━━━ RECORD EXTRACTS ━━━
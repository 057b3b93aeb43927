// How long a word tries to take the locks of its store.
ghost use Rattle.std.specs.Prelude.{◌≡◌, ◌<◌, ◌≤◌, ◌^◌, IfSome, option_map};
ghost use Rattle.std.specs.Str.Parse.{without_leading_plus};
ghost use Rattle.command_line.specs.Numbers.{number_below};
ghost use Rattle.conf_words.specs.Waits as spec;

use crate::refusal::Unasked;
use crate::subcommand::Subcommand;
use command_line::{Argument, Form, Matches, Relation};
use std::time::Duration;

/// The variable of the environment that says how long a word waits for locks, where the words don't.
pub const WAIT_VARIABLE: &str = "CONFSTORE_WAIT";

/// The word that says how long is waited for locks.
const WAIT: &str = "wait";

pub(crate) const WAIT_ARGUMENT: Argument = Argument {
    name: WAIT,
    help: "Tries again for so long while another run holds the store, as 5 or 0.5",
    form: Form::Word("SECONDS"),
    relation: Relation::Free,
};

/// How long the words have locks waited for. `given` is what [`WAIT_VARIABLE`] holds, if it is there: it counts where a
/// word takes [`WAIT`], and has none. No other word waits.
pub(crate) fn wait_of(
    subcommand: Subcommand,
    words: &Matches<'_>,
    given: Option<&str>,
) -> Result<Duration, Unasked>
    ensures { spec.Waits subcommand words.now (option_map (λ s. s.now) given.entry) result }
{
    if !waits(subcommand) {
        return Ok(Duration::ZERO);
    }
    let (text, why) = match (words.text(WAIT), given) {
        (Some(text), _) => (text, "--wait needs SECONDS, as 5 or 0.5"),
        (None, Some(text)) => (text, "CONFSTORE_WAIT has to be seconds, as 5 or 0.5"),
        (None, None) => return Ok(Duration::ZERO),
    };
    match nanos_of(text) {
        Some(nanos) => Ok(Duration::from_nanos(nanos)),
        None => Err(Unasked::Because(why)),
    }
}

/// Whether the subcommand takes [`WAIT`].
fn waits(subcommand: Subcommand) -> bool
    ensures { result ≡ spec.takes_wait subcommand }
{
    match subcommand {
        Subcommand::Init
        | Subcommand::Import
        | Subcommand::Set
        | Subcommand::Delete
        | Subcommand::Copy
        | Subcommand::Rename
        | Subcommand::Move
        | Subcommand::Batch
        | Subcommand::Checkpoint
        | Subcommand::Run
        | Subcommand::Export => true,
        Subcommand::Names
        | Subcommand::Get
        | Subcommand::Keys
        | Subcommand::Exists
        | Subcommand::Log
        | Subcommand::Diff
        | Subcommand::Verify
        | Subcommand::Salvage
        | Subcommand::Backup
        | Subcommand::Format
        | Subcommand::Check => false,
    }
}

/// The nanoseconds of a text of seconds: 1 to 9 digits, and perhaps a point and 1 to 9 more. `None` of any other text.
fn nanos_of(text: &str) -> Option<u64>
    ensures { result ≡ spec.nanos_in text.now }
{
    match text.split_once('.') {
        Some((whole, part)) => sum_of(seconds_of(whole), fraction_of(part)),
        None => seconds_of(text),
    }
}

/// The sum of two numbers, if both are there.
fn sum_of(seconds: Option<u64>, fraction: Option<u64>) -> Option<u64>
    requires seconds { IfSome seconds (λ n. n < 2 ^ 62) }
    requires fraction { IfSome fraction (λ n. n < 2 ^ 62) }
    ensures { result ≡ spec.sum_of seconds fraction }
{
    match (seconds, fraction) {
        (Some(seconds), Some(fraction)) => Some(seconds + fraction),
        (Some(_), None) | (None, _) => None,
    }
}

/// The nanoseconds of as many seconds as 1 to 9 digits say.
fn seconds_of(digits: &str) -> Option<u64>
    ensures value { result ≡ spec.seconds_in digits.now }
    ensures small { IfSome result (λ nanos. nanos < 2 ^ 62) }
{
    match number_of(digits) {
        Some(number) => Some(u64::from(number) * 1_000_000_000),
        None => None,
    }
}

/// The nanoseconds that 1 to 9 digits behind the point say.
fn fraction_of(digits: &str) -> Option<u64>
    ensures value { result ≡ spec.fraction_in digits.now }
    ensures small { IfSome result (λ nanos. nanos < 2 ^ 62) }
{
    match number_of(digits) {
        Some(number) => Some(u64::from(number) * unit_of(digits.len())),
        None => None,
    }
}

/// How many nanoseconds the last of so many digits behind the point stands for.
fn unit_of(digits: usize) -> u64
    ensures value { result ≡ spec.unit_of digits }
    ensures small { result ≤ 1000000000 }
{
    match digits {
        0 => 1_000_000_000,
        1 => 100_000_000,
        2 => 10_000_000,
        3 => 1_000_000,
        4 => 100_000,
        5 => 10_000,
        6 => 1_000,
        7 => 100,
        8 => 10,
        _ => 1,
    }
}

/// The number that 1 to 9 digits are.
fn number_of(digits: &str) -> Option<u32>
    ensures { result ≡ spec.number_in digits.now }
{
    if digits.len() <= 9 && are_digits(digits) {
        parsed(digits)
    } else {
        None
    }
}

/// The number that a text is; `None` if it is none below 2 ^ 32. It has digits, and perhaps a `+` before them.
fn parsed(text: &str) -> Option<u32>
    ensures { result ≡ number_below (2 ^ 32) (without_leading_plus text.now) }
{
    match text.parse() {
        Ok(number) => Some(number),
        Err(_) => None,
    }
}

/// Whether there are only digits in a text.
fn are_digits(text: &str) -> bool
    ensures { result ≡ spec.are_digits text.now }
{
    for byte in text.as_bytes() {
        if !byte.is_ascii_digit() {
            return false;
        }
    }
    true
}
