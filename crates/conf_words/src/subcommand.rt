// The subcommands of the program.
ghost use Rattle.std.specs.Prelude.{◌≡◌, map, string_bytes};
ghost use Rattle.std.specs.Str.{bytes_eq};
ghost use Rattle.conf_words.specs.Subcommands.{all, asked_in, name_of, named};

/// A subcommand of the program.
#[derive(Clone, Copy, Debug, PartialEq, Eq)]
pub enum Subcommand {
    /// Makes a folder with an empty store.
    Init,
    /// Reads a YAML text, and puts its tree under a name.
    Import,
    /// Sets the value at a JSON Pointer of a configuration.
    Set,
    /// Removes a configuration, or what is at a JSON Pointer of it.
    Delete,
    /// Puts a copy of a configuration under another name.
    Copy,
    /// Gives a configuration another name.
    Rename,
    /// Moves what is at a JSON Pointer of a configuration to another place of it.
    Move,
    /// Makes all edits that a YAML text lists, or none of them.
    Batch,
    /// Makes the store file as short as its state.
    Checkpoint,
    /// Performs the commands on standard input on the store in a folder.
    Run,
    /// Writes a configuration of the store in a folder in the one style.
    Export,
    /// Writes the names of the configurations of a store.
    Names,
    /// Writes the value at a JSON Pointer of a configuration.
    Get,
    /// Writes the keys of what is at a JSON Pointer of a configuration.
    Keys,
    /// Says by the status whether something is at a JSON Pointer of a configuration.
    Exists,
    /// Writes the commands that a store has accepted since its last checkpoint.
    Log,
    /// Writes the edits that make a later state of a store of an earlier one, or the text of a file of another.
    Diff,
    /// Reads a whole store, and writes whether it can be opened.
    Verify,
    /// Makes a new store of what a damaged one says before its first bad piece.
    Salvage,
    /// Makes a new store with the same base and records as another one.
    Backup,
    /// Writes the tree of a YAML text in the one style.
    Format,
    /// Writes where YAML texts depart from the one style.
    Check,
}

impl Subcommand {
    /// All of them, in the order of the help.
    pub(crate) const ALL: [Subcommand; 22] = [
        Subcommand::Init,
        Subcommand::Import,
        Subcommand::Set,
        Subcommand::Delete,
        Subcommand::Copy,
        Subcommand::Rename,
        Subcommand::Move,
        Subcommand::Batch,
        Subcommand::Checkpoint,
        Subcommand::Run,
        Subcommand::Export,
        Subcommand::Names,
        Subcommand::Get,
        Subcommand::Keys,
        Subcommand::Exists,
        Subcommand::Log,
        Subcommand::Diff,
        Subcommand::Verify,
        Subcommand::Salvage,
        Subcommand::Backup,
        Subcommand::Format,
        Subcommand::Check,
    ];

    /// The subcommand that the program's words ask for; `None` if there is none. The first word is the program's name,
    /// and the second one asks.
    pub fn asked_in(words: &[String]) -> Option<Subcommand>
        ensures { result ≡ asked_in (map string_bytes words.now) }
    {
        match words {
            [_, word, ..] => Subcommand::named(word),
            _ => None,
        }
    }

    /// The subcommand of this name; `None` if there is none.
    pub(crate) fn named(name: &str) -> Option<Subcommand>
        ensures { result ≡ named name.now }
    {
        for subcommand in Subcommand::ALL {
            if subcommand.is_named(name) {
                return Some(subcommand);
            }
        }
        None
    }

    /// Whether this word asks for it.
    fn is_named(self, name: &str) -> bool
        ensures { result ≡ bytes_eq (name_of self) name.now }
    {
        self.name() == name
    }

    /// The word that asks for it.
    pub(crate) fn name(self) -> &'static str
        ensures { result.now ≡ name_of self }
    {
        match self {
            Subcommand::Init => "init",
            Subcommand::Import => "import",
            Subcommand::Set => "set",
            Subcommand::Delete => "delete",
            Subcommand::Copy => "copy",
            Subcommand::Rename => "rename",
            Subcommand::Move => "move",
            Subcommand::Batch => "batch",
            Subcommand::Checkpoint => "checkpoint",
            Subcommand::Run => "run",
            Subcommand::Export => "export",
            Subcommand::Names => "names",
            Subcommand::Get => "get",
            Subcommand::Keys => "keys",
            Subcommand::Exists => "exists",
            Subcommand::Log => "log",
            Subcommand::Diff => "diff",
            Subcommand::Verify => "verify",
            Subcommand::Salvage => "salvage",
            Subcommand::Backup => "backup",
            Subcommand::Format => "format",
            Subcommand::Check => "check",
        }
    }
}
━━━
== WHAT TO PRODUCE ==
Once the lines of the entries containing the word "Import" have been counted, report the number alone.

== RESPONSE TO THIS TASK ==
4